Faktor-faktor tersebut mempengaruhi pembentukan batubara. Jika air tanah cukup
tingginya dan berlangsung lama maka kadang – kadang iklim padang rumput tanpa adnya
pohon pun bisa jadi gambut. Ini hanya tergantung pada penurunan permukaan. Rawa bisa
juga terjadi pada bekas kawah gunung api. Rawa bisa tawar atau sudah tercampur dengan
air asin di tepi pantai atau di tepi danau besar.
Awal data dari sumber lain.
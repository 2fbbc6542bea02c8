ghost use Rattle.std.specs.Prelude.{◌≡◌, ◌≤◌, ◌+◌, ◌*◌, ◌^◌, ◌++◌, length};
ghost use Rattle.std.specs.List.{flat_map};
ghost use Rattle.bcd48.specs.Words.{characters_of};
ghost use Rattle.program_model.specs.Lines.{line_of_words, words_of_line, words_at, with_words};

use arrayvec::ArrayVec;
use bcd48::text6;
use cpu_regs::MemoryPort;
use ctss_types::{LineText, MOST_CHARACTERS, name_word};

/// Adds what so many words from an address on print as.
#[tactic(auto, using(crate::proofs::Printing::prints))]
fn print_words<M: MemoryPort>(core: &M, at: u16, count: u16, text: &mut ArrayVec<u8, 84>)
    requires within { at + count ≤ length (M.words core.now) }
    requires small { at + count ≤ 2 ^ 15 }
    requires room { length text.old.items + 6 * count ≤ 84 }
    ensures { text.new.items ≡ text.old.items ++ flat_map characters_of (words_at (M.words core.now) at count) }
{
    if count == 0 {
        return;
    }
    let Ok(word) = core.load(at) else {
        unreachable!()
    };
    let _ = text.try_extend_from_slice(&text6(word.bits()));
    print_words(core, at + 1, count - 1, text);
}

/// The line that so many words from an address on are, without trailing blanks.
#[tactic(auto, using(crate::proofs::Printing::printed))]
pub fn line_in<M: MemoryPort>(core: &M, at: u16, count: u16) -> LineText
    requires count { count ≤ 14 }
    requires within { at + count ≤ length (M.words core.now) }
    ensures { result ≡ line_of_words (words_at (M.words core.now) at count) }
{
    // Then it is known of the core how many words it has at most.
    let _blocks = core.size();
    let mut text = ArrayVec::new();
    print_words(core, at, count, &mut text);
    match LineText::from_bytes(&text) {
        Ok(line) => line,
        Err(_) => unreachable!(),
    }
}

/// Stores a line as so many words from an address on, with blanks behind it; a longer line is cut.
pub fn store_line<M: MemoryPort>(core: &mut M, at: u16, count: u16, line: &[u8])
    requires within { at + count ≤ length (M.words core.old) }
    requires small { at + count ≤ 2 ^ 15 }
    ensures words { M.words core.new ≡ with_words (M.words core.old) at (words_of_line count line.now) }
    ensures keeps { M.Keeps core.old core.new }
{
    if count == 0 {
        return;
    }
    let (first, rest) = line.split_at(line.len().min(6));
    let _ = core.store(at, name_word(first));
    store_line(core, at + 1, count - 1, rest);
}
Posisi geotektonik merupakan faktor yang umum, dominan, dan memegang
peranan penting. Posisi geotektonik mempengaruhi iklim, morfologi cekungan, kecepatan
sedimentasi, kecepatan penurunan dasar cekungan, jenis flora, dan pada akhirnya akan
berpengaruh terhadap jenis batubara (coal type), derajat batubara (coal rank), dan
geometri lapisan batubara yang terbentuk (Gambar 3.2).
Pada daerah bertektonik kuat, penurunan cekungan akan berjalan cepat selama
pengendapan berlangsung. Akibatnya akan berpengaruh terhadap perbedaan petrografi
dan geometri lapisan batubara serta menambah kontaminasi mineral, seperti sulfida,
klorit, dan karbonat.
Cekungan batubara dapat terbentuk diberbagai posisi dari suatu tatanan tektonik
(lihat cekungan batubara, R.P. Koesoemadinata, Bab 2).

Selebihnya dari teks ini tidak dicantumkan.